- Directed by: Harald Philipp
- Written by: Edgar Wallace (story); Horst Wendlandt; Harald Philipp;
- Produced by: Preben Philipsen; Horst Wendlandt ;
- Starring: Uschi Glas; Hansjörg Felmy; Werner Peters;
- Cinematography: Karl Löb
- Edited by: Alfred Srp [de]
- Music by: Peter Thomas
- Production company: Rialto Film
- Distributed by: Constantin Film
- Release date: 31 March 1971;
- Running time: 89 minutes
- Country: West Germany
- Language: German

= The Body in the Thames =

1971 film by Harald Philipp

The Body in the Thames (German: Die Tote aus der Themse) is a 1971 West German thriller film directed by Harald Philipp and starring Uschi Glas, Hansjörg Felmy and Werner Peters. It is part of the series of Edgar Wallace adaptations made by Rialto Film. It was the last shot in Germany, with two Italian films following before the end of the series.

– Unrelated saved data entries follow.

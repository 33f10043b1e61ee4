// The lines of a script, appended to a buffer.
ghost use Rattle.std.specs.Prelude.{◌≡◌, ◌<◌, ◌++◌, OnOk};
ghost use Rattle.std.specs.List.{flat_map};
ghost use Rattle.bdb_gen.specs.Draws.{next_state, state_after, drawn};
ghost use Rattle.bdb_gen.specs.Draws.{draws as draws_of};
ghost use Rattle.bdb_gen.specs.Scripts.{user_line, relation_line, first_lines, path_text, after_path, belief_text, not_text, values_text, with_key, insert_line, delete_line, believers_line, deniers_line, line_of, after_line_of, line, after_line, followers, sevens};

use crate::draws::Draws;
use bdb_base::append_decimal;
use std::alloc::AllocError;

/// The users, by number.
const USERS: [u64; 8] = [0, 1, 2, 3, 4, 5, 6, 7];

/// Appends what a script begins with: its users, and its relation.
pub fn append_first_lines(out: &mut Vec<u8>) -> Result<(), AllocError>
    ensures { OnOk result (out.new.items ≡ out.old.items ++ first_lines) }
{
    append_users(out, &USERS)?;
    append_relation_line(out)?;
    Ok(())
}

/// Appends the line that makes the relation.
#[tactic(auto, unfolding(crate::specs::Scripts::relation_line))]
fn append_relation_line(out: &mut Vec<u8>) -> Result<(), AllocError>
    ensures { OnOk result (out.new.items ≡ out.old.items ++ relation_line) }
{
    out.extend_from_slice(b"create relation R(k int, v int);\n")
}

/// Appends the lines that make users.
fn append_users(out: &mut Vec<u8>, users: &[u64]) -> Result<(), AllocError>
    ensures { OnOk result (out.new.items ≡ out.old.items ++ flat_map user_line users.now) }
{
    for user in users {
        append_user_line(out, *user)?;
    }
    Ok(())
}

/// Appends the line that makes a user.
#[tactic(auto, unfolding(crate::specs::Scripts::user_line))]
fn append_user_line(out: &mut Vec<u8>, user: u64) -> Result<(), AllocError>
    ensures { OnOk result (out.new.items ≡ out.old.items ++ user_line user) }
{
    out.extend_from_slice(b"create user 'u")?;
    append_decimal(out, user)?;
    out.extend_from_slice(b"';\n")
}

/// Draws a line, and appends it.
pub fn append_line(draws: &mut Draws, out: &mut Vec<u8>) -> Result<(), AllocError>
    ensures text { OnOk result (out.new.items ≡ out.old.items ++ line draws.old) }
    ensures state { OnOk result (draws.new ≡ after_line draws.old) }
{
    let kind = draws.draw(10);
    let key = draws.draw(50);
    append_line_of(draws, out, kind, key)?;
    Ok(())
}

/// Appends the line of a kind and a key, and draws what it needs.
fn append_line_of(
    draws: &mut Draws,
    out: &mut Vec<u8>,
    kind: u64,
    key: u64,
) -> Result<(), AllocError>
    ensures text { OnOk result (out.new.items ≡ out.old.items ++ line_of kind key draws.old) }
    ensures state { OnOk result (draws.new ≡ after_line_of kind draws.old) }
{
    if kind < 6 {
        append_insert(draws, out, key)
    } else if kind < 8 {
        append_delete(draws, out, key)
    } else if kind == 8 {
        append_believers(out, key)
    } else {
        append_deniers(out, key)
    }
}

/// Appends the insert of a key, and draws its path, its sign and its value.
fn append_insert(draws: &mut Draws, out: &mut Vec<u8>, key: u64) -> Result<(), AllocError>
    ensures text { OnOk result (out.new.items ≡ out.old.items ++ insert_line draws.old key) }
    ensures state { OnOk result (draws.new ≡ next_state (next_state (after_path draws.old))) }
{
    out.extend_from_slice(b"insert into ")?;
    append_path(draws, out)?;
    let sign = draws.draw(4);
    append_not(out, sign)?;
    let value = draws.draw(3);
    append_values(out, key, value)?;
    Ok(())
}

/// Appends `not`, where 0 was drawn.
#[tactic(auto, unfolding(crate::specs::Scripts::not_text))]
fn append_not(out: &mut Vec<u8>, drawn: u64) -> Result<(), AllocError>
    ensures { OnOk result (out.new.items ≡ out.old.items ++ not_text drawn) }
{
    if drawn == 0 {
        out.extend_from_slice(b"not ")?;
    }
    Ok(())
}

/// Appends the relation and the values of an insert.
#[tactic(auto, unfolding(crate::specs::Scripts::values_text))]
fn append_values(out: &mut Vec<u8>, key: u64, value: u64) -> Result<(), AllocError>
    ensures { OnOk result (out.new.items ≡ out.old.items ++ values_text key value) }
{
    out.extend_from_slice(b"R values(")?;
    append_decimal(out, key)?;
    out.push(b',')?;
    append_decimal(out, value)?;
    out.extend_from_slice(b");\n")
}

/// Appends the delete of a key, and draws its path.
fn append_delete(draws: &mut Draws, out: &mut Vec<u8>, key: u64) -> Result<(), AllocError>
    ensures text { OnOk result (out.new.items ≡ out.old.items ++ delete_line draws.old key) }
    ensures state { OnOk result (draws.new ≡ after_path draws.old) }
{
    out.extend_from_slice(b"delete from ")?;
    append_path(draws, out)?;
    append_with_key(out, b"R where k = ", key)?;
    Ok(())
}

/// Appends the query who believes what of a key.
fn append_believers(out: &mut Vec<u8>, key: u64) -> Result<(), AllocError>
    ensures { OnOk result (out.new.items ≡ out.old.items ++ believers_line key) }
{
    let query: &[u8] = b"select U.name, X.v from Users U, BELIEF U.uid R X where X.k = ";
    append_with_key(out, query, key)
}

/// Appends the query who denies what is believed of a key.
fn append_deniers(out: &mut Vec<u8>, key: u64) -> Result<(), AllocError>
    ensures { OnOk result (out.new.items ≡ out.old.items ++ deniers_line key) }
{
    let query: &[u8] =
        b"select U.name, X.v from Users U, R X, BELIEF U.uid not R Y where Y.k = X.k and Y.v = X.v and X.k = ";
    append_with_key(out, query, key)
}

/// Appends a text, a key, and the end of a command.
#[tactic(auto, unfolding(crate::specs::Scripts::with_key))]
fn append_with_key(out: &mut Vec<u8>, text: &[u8], key: u64) -> Result<(), AllocError>
    ensures { OnOk result (out.new.items ≡ out.old.items ++ with_key text.now key) }
{
    out.extend_from_slice(text)?;
    append_decimal(out, key)?;
    out.extend_from_slice(b";\n")?;
    Ok(())
}

/// Draws a path, and appends it: first how many users it has, and then each, with no user twice in a row.
#[tactic(auto, using(crate::proofs::PathLemmas::no_path_state, crate::proofs::PathLemmas::path_state_of))]
fn append_path(draws: &mut Draws, out: &mut Vec<u8>) -> Result<(), AllocError>
    ensures text { OnOk result (out.new.items ≡ out.old.items ++ path_text draws.old) }
    ensures state { OnOk result (draws.new ≡ after_path draws.old) }
{
    let count = draws.draw(4);
    if count == 0 {
        return Ok(());
    }
    let first = draws.draw(8);
    append_belief(out, first)?;
    append_followers(draws, out, first, count - 1)?;
    Ok(())
}

/// Draws so many users behind a user, and appends them.
fn append_followers(
    draws: &mut Draws,
    out: &mut Vec<u8>,
    first: u64,
    count: u64,
) -> Result<(), AllocError>
    requires { first < 8 }
    ensures text { OnOk result
        (out.new.items ≡ out.old.items ++ flat_map belief_text
        (followers first (draws_of draws.old (sevens count)))) }
    ensures state { OnOk result (draws.new ≡ state_after draws.old count) }
{
    let mut user = first;
    for _further in 0..count {
        user = (user + 1 + draws.draw(7)) % 8;
        append_belief(out, user)?;
    }
    Ok(())
}

/// Appends a user of a path.
#[tactic(auto, unfolding(crate::specs::Scripts::belief_text))]
fn append_belief(out: &mut Vec<u8>, user: u64) -> Result<(), AllocError>
    ensures { OnOk result (out.new.items ≡ out.old.items ++ belief_text user) }
{
    out.extend_from_slice(b"BELIEF 'u")?;
    append_decimal(out, user)?;
    out.extend_from_slice(b"' ")
}
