//! A stored base as it is read whole from its tables, its sizes and the structure that stands for all its worlds, and as
//! it is written whole.
#![tactic(auto)]

mod clearing;
mod counting;
mod edges;
mod items;
mod links;
mod named;
mod rows;
mod structure;
mod tuples;
mod users;
mod worlds;
mod writing;

pub use counting::counts_of;
pub use named::place_of_number;
pub use structure::canon_of;
pub use users::user_numbers;
pub use worlds::worlds_in_order;
pub use writing::write_all_tables;
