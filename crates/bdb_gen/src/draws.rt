// Numbers drawn one after the other.
ghost use Rattle.std.specs.Prelude.{◌≡◌, ◌<◌};
ghost use Rattle.bdb_gen.specs.Draws.{next_state, drawn};

use std::marker::Model;

/// The factor of a step.
const FACTOR: u64 = 6_364_136_223_846_793_005;

/// The summand of a step.
const SUMMAND: u64 = 1_442_695_040_888_963_407;

/// Numbers that follow from a seed. Contracts see the state.
#[derive(Drop)]
pub struct Draws {
    state: u64,
}

impl Model for Draws {
    ghost use Rattle.std.specs.Prelude.{ℕ};

    ghost Value = { ℕ };

    ghost view = { λ d. d.state };
}

impl Draws {
    /// The numbers of a seed.
    pub fn new(seed: u64) -> Self
        ensures { result ≡ seed }
    {
        Draws { state: seed }
    }

    /// The next number, below a limit.
    pub fn draw(&mut self, limit: u64) -> u64
        requires { 0 < limit }
        ensures drawn { result ≡ drawn self.old limit }
        ensures below { result < limit }
        ensures state { self.new ≡ next_state self.old }
    {
        self.state = self.state.wrapping_mul(FACTOR).wrapping_add(SUMMAND);
        (self.state >> 33) % limit
    }
}
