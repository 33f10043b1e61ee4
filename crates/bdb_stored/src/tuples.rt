// The tuples of the statements of a stored base.
ghost use Rattle.std.specs.Prelude.{◌≡◌, ℕ, IfOk, ◌≤◌, ◌+◌, length, map};
ghost use Rattle.bdb_base.specs.Order.{tuple_cmp};
ghost use Rattle.bdb_base.specs.SortedSet.{sorted_set};
ghost use Rattle.bdb_base.specs.WorldRows.{tuples_of};
ghost use Rattle.bdb_base.specs.declared.tuple.Tuple.{Tuple};
ghost use Rattle.bdb_keep.specs.Calls.{IsRead};
ghost use Rattle.bdb_catalog.specs.Bases.{StoresSome};
ghost use Rattle.bdb_catalog.specs.Opening.{IsPartOf};

use bdb_base::{List, Tuple, put_copy};
use bdb_keep::Keeper;
use bdb_tables::{TabError, TupleTab, rows_under};
use std::alloc::{AllocError, Global};

/// The tuples of the statements, in order. One read for each tuple, and one more.
pub fn tuples_in_order<K: Keeper>(alloc: Global, keeper: &mut K) -> Result<List<Tuple>, TabError>
    requires base { StoresSome (K.seen keeper.old).kept }
    ensures tuples { IfOk result (IsPartOf (λ b. tuples_of b.stmts) (K.seen keeper.old).kept) }
    ensures reads { IfOk result
        (λ tuples. (K.seen keeper.new).reads ≤ (K.seen keeper.old).reads + (length tuples + 1)) }
    ensures read { IsRead (K.seen keeper.old) (K.seen keeper.new) result TabError.Fault }
{
    let rows = match rows_under::<TupleTab, K>(alloc, keeper, &[]) {
        Ok(rows) => rows,
        Err(error) => return Err(error),
    };
    match set_of(alloc, &rows) {
        Ok(tuples) => Ok(tuples),
        Err(_) => {
            keeper.undo();
            Err(TabError::Memory)
        }
    }
}

// The set of the tuples of rows.
fn set_of(alloc: Global, rows: &[(u32, Tuple)]) -> Result<List<Tuple>, AllocError>
    ensures { IfOk result
        (λ tuples. tuples ≡ sorted_set tuple_cmp (map (λ (e : ℕ × Tuple). e.1) rows.now)) }
{
    let mut tuples = List::new(alloc);
    for row in rows {
        put_copy(alloc, &mut tuples, &row.1)?;
    }
    Ok(tuples)
}
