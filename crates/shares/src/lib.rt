// The shares of cells and the sums of strips once more (crate `tally`), in short numbers: 16 bits, as many again to a vector. Sides
// are measured only where the rule counts them, so that lengths which no shot pays for do not count against the room there is.
// No type parameter for both: in 32 bits a sum is exact and the caller shows that it fits, here it wraps in lanes that nobody reads, and counts
// only by the rule.
#![tactic(auto)]

pub mod growing;
pub mod measuring;
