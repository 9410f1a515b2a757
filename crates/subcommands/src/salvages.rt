// `pinarewhemi salvage`: what is left of a broken job, as the program of that name has it.
ghost use Rattle.std.specs.Prelude.{length, MatchResult, ◌≤◌};

use job::MOST_BYTES;
use terminal::arguments::{read_argument, read_standard};
use terminal::host::Host;
use terminal::input::Unread;
use terminal::status::Status;

// The file that word 2 names, or standard input where there is no such word.
fn read_broken<H: Host>(host: &H, words: usize, job: &mut [u8]) -> Result<usize, Unread>
    ensures { MatchResult result (λ n. n ≤ length job.new) (λ unread. unread.bytes ≤ length job.new) }
{
    if words < 3 {
        return read_standard(host, b"pinarewhemi", job);
    }
    read_argument(host, b"pinarewhemi", 2, job)
}

// The subcommand. One byte more than the longest job is read, so that a longer one shows.
pub fn salvage_words<H: Host>(host: &H, words: usize) -> Result<Status, Status> {
    let mut job = [0u8; MOST_BYTES + 1];
    let mut room = [0u8; MOST_BYTES];
    let n = read_broken(host, words, &mut job).map_err(|_| Status::Failed)?;
    Ok(rescue::run(host.console(), &job[..n], &mut room))
}
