// Growing: from the sums of the strips of one width to those of the strips that are one column wider, 16 strips at a time.
ghost use Rattle.std.specs.Prelude.{◌≡◌, ℕ, ◌+◌, ◌≤◌, length};
ghost use Rattle.sum.specs.Sum.{only};
ghost use Rattle.outline.specs.Grid.{Grid};
ghost use Rattle.rule.specs.declared.Rule.{Rule};
ghost use Rattle.table.specs.Run.{Wrote};
ghost use Rattle.shares.specs.Shares.{wrap};
ghost use Rattle.shares.specs.Growth.{wrap_added, narrow_flanks, RowGrown, Grown, Flanked, Ripe};

use table::runs::LANES;
use tally::{
    BOTTOMS, CELL_BOTTOMS, CELL_LEFTS, CELL_RIGHTS, CELL_TOPS, FLANKS, ROW, SHARES, SUMS, TOPS,
};

// Two short numbers together. In a lane without a strip the sum may wrap: nobody reads it.
pub fn both(a: u16, b: u16) -> u16
    ensures { result ≡ wrap a b }
{
    a.wrapping_add(b)
}

// A length where it counts, else 0; `rule` has it in 32 bits.
pub fn counted(counts: bool, length: u16) -> u16
    ensures { result ≡ only counts length }
{
    if counts { length } else { 0 }
}

// Adds 16 shares of cells to the sums of 16 strips.
fn add_shares(sums: &mut [u16; SUMS], short: &[u16; SHARES], at: usize, from: usize)
    requires { (length sums.old ≡ 1024) × ((length short.now ≡ 2560) × ((at + 16 ≤ 1024) × (from + 16 ≤ 2560))) }
    ensures { Wrote (wrap_added sums.old short.now at from) at 16 sums.old sums.new }
{
    for l in 0..LANES {
        sums[at + l] = both(sums[at + l], short[from + l]);
    }
}

// The exposed flanks of 16 strips in one row, where the rule counts them: left sides of their first cells, and right sides of their last.
fn add_flanks(
    sums: &mut [u16; SUMS],
    short: &[u16; SHARES],
    wide: &[u16; LANES],
    threshold: u16,
    at: usize,
    left: usize,
    right: usize,
)
    requires sums_len { (length sums.old ≡ 1024) × ((length short.now ≡ 2560) × (length wide.now ≡ 16)) }
    requires at_bound { (at + 16 ≤ 1024) × ((left + 16 ≤ 2560) × (right + 16 ≤ 2560)) }
    ensures { Wrote (narrow_flanks short.now wide.now threshold left right) at 16 sums.old sums.new }
{
    for (l, width) in wide.iter().enumerate() {
        sums[at + l] = counted(*width < threshold, both(short[left + l], short[right + l]));
    }
}

// The strips grow by a column in the row j: the strip in lane a has a + last for its last column then.
fn grow_row(
    sums: &mut [u16; SUMS],
    short: &[u16; SHARES],
    wide: &[u16; LANES],
    threshold: u16,
    j: usize,
    last: usize,
)
    requires sums_len { (length sums.old ≡ 1024) × ((length short.now ≡ 2560) × (length wide.now ≡ 16)) }
    requires j_bound { (j ≤ 14) × (last ≤ 14) }
    ensures { RowGrown short.now wide.now threshold last j sums.old sums.new }
{
    let at = LANES * j;
    let first = ROW * j;
    let end = first + last;
    add_shares(sums, short, at, end);
    add_shares(sums, short, BOTTOMS + at, CELL_BOTTOMS + end);
    add_shares(sums, short, TOPS + at, CELL_TOPS + end);
    add_flanks(
        sums,
        short,
        wide,
        threshold,
        FLANKS + at,
        CELL_LEFTS + first,
        CELL_RIGHTS + end,
    );
}

// The strips grow by a column, to the width w; `wide` has their widths in nm.
pub fn grow(
    sums: &mut [u16; SUMS],
    short: &[u16; SHARES],
    wide: &[u16; LANES],
    threshold: u16,
    rows: usize,
    w: usize,
)
    requires sums_len { (length sums.old ≡ 1024) × ((length short.now ≡ 2560) × (length wide.now ≡ 16)) }
    requires rows_bound { (rows ≤ 15) × ((1 ≤ w) × (w ≤ 15)) }
    ensures { (g : Grid) (r : Rule) (price : ℕ) → Ripe g r price rows w threshold short.now wide.now sums.old → Grown g r w sums.new × Flanked g r w sums.new }
{
    let last = w - 1;
    for j in 0..rows {
        grow_row(sums, short, wide, threshold, j, last);
    }
}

The film's sets were designed by the art director Johannes Ott. It was shot on location in London and Berlin.

==Synopsis==
After her sister is murdered by a drug gang, Australian Danny Fergusson arrives in London to find out what happened.

==Cast==
- Uschi Glas as Danny Fergusson
- Hansjörg Felmy as Inspector Craig
- Werner Peters as William Baxter
- Harry Riebauer as Milton S. Farnborough
- Vadim Glowna as David Armstrong
- Siegfried Schürenberg as Sir John
- Günther Stoll as Doctor Ellis
- Petra Schürmann as Susan
- Friedrich Schoenfelder as Anthony Wyman
- Lyvia Bauer as Myrna Fergusson
- Peter Neusser as Sergeant Simpson
- Friedrich G. Beckhaus as Brothel Owner (Bordellbesitzer)
- Michael Miller as Jim Donovan
- Gerd Frickhöffer as Pennymaker
- Ingrid Steeger as Kitty
- Brigitte Skay as Maggy McConnor
- Ivan Desny as Louis Stout
- Ingrid Bethke as Saleswoman

== Bibliography ==
- Bergfelder, Tim. International Adventures: German Popular Cinema and European Co-Productions in the 1960s. Berghahn Books, 2005.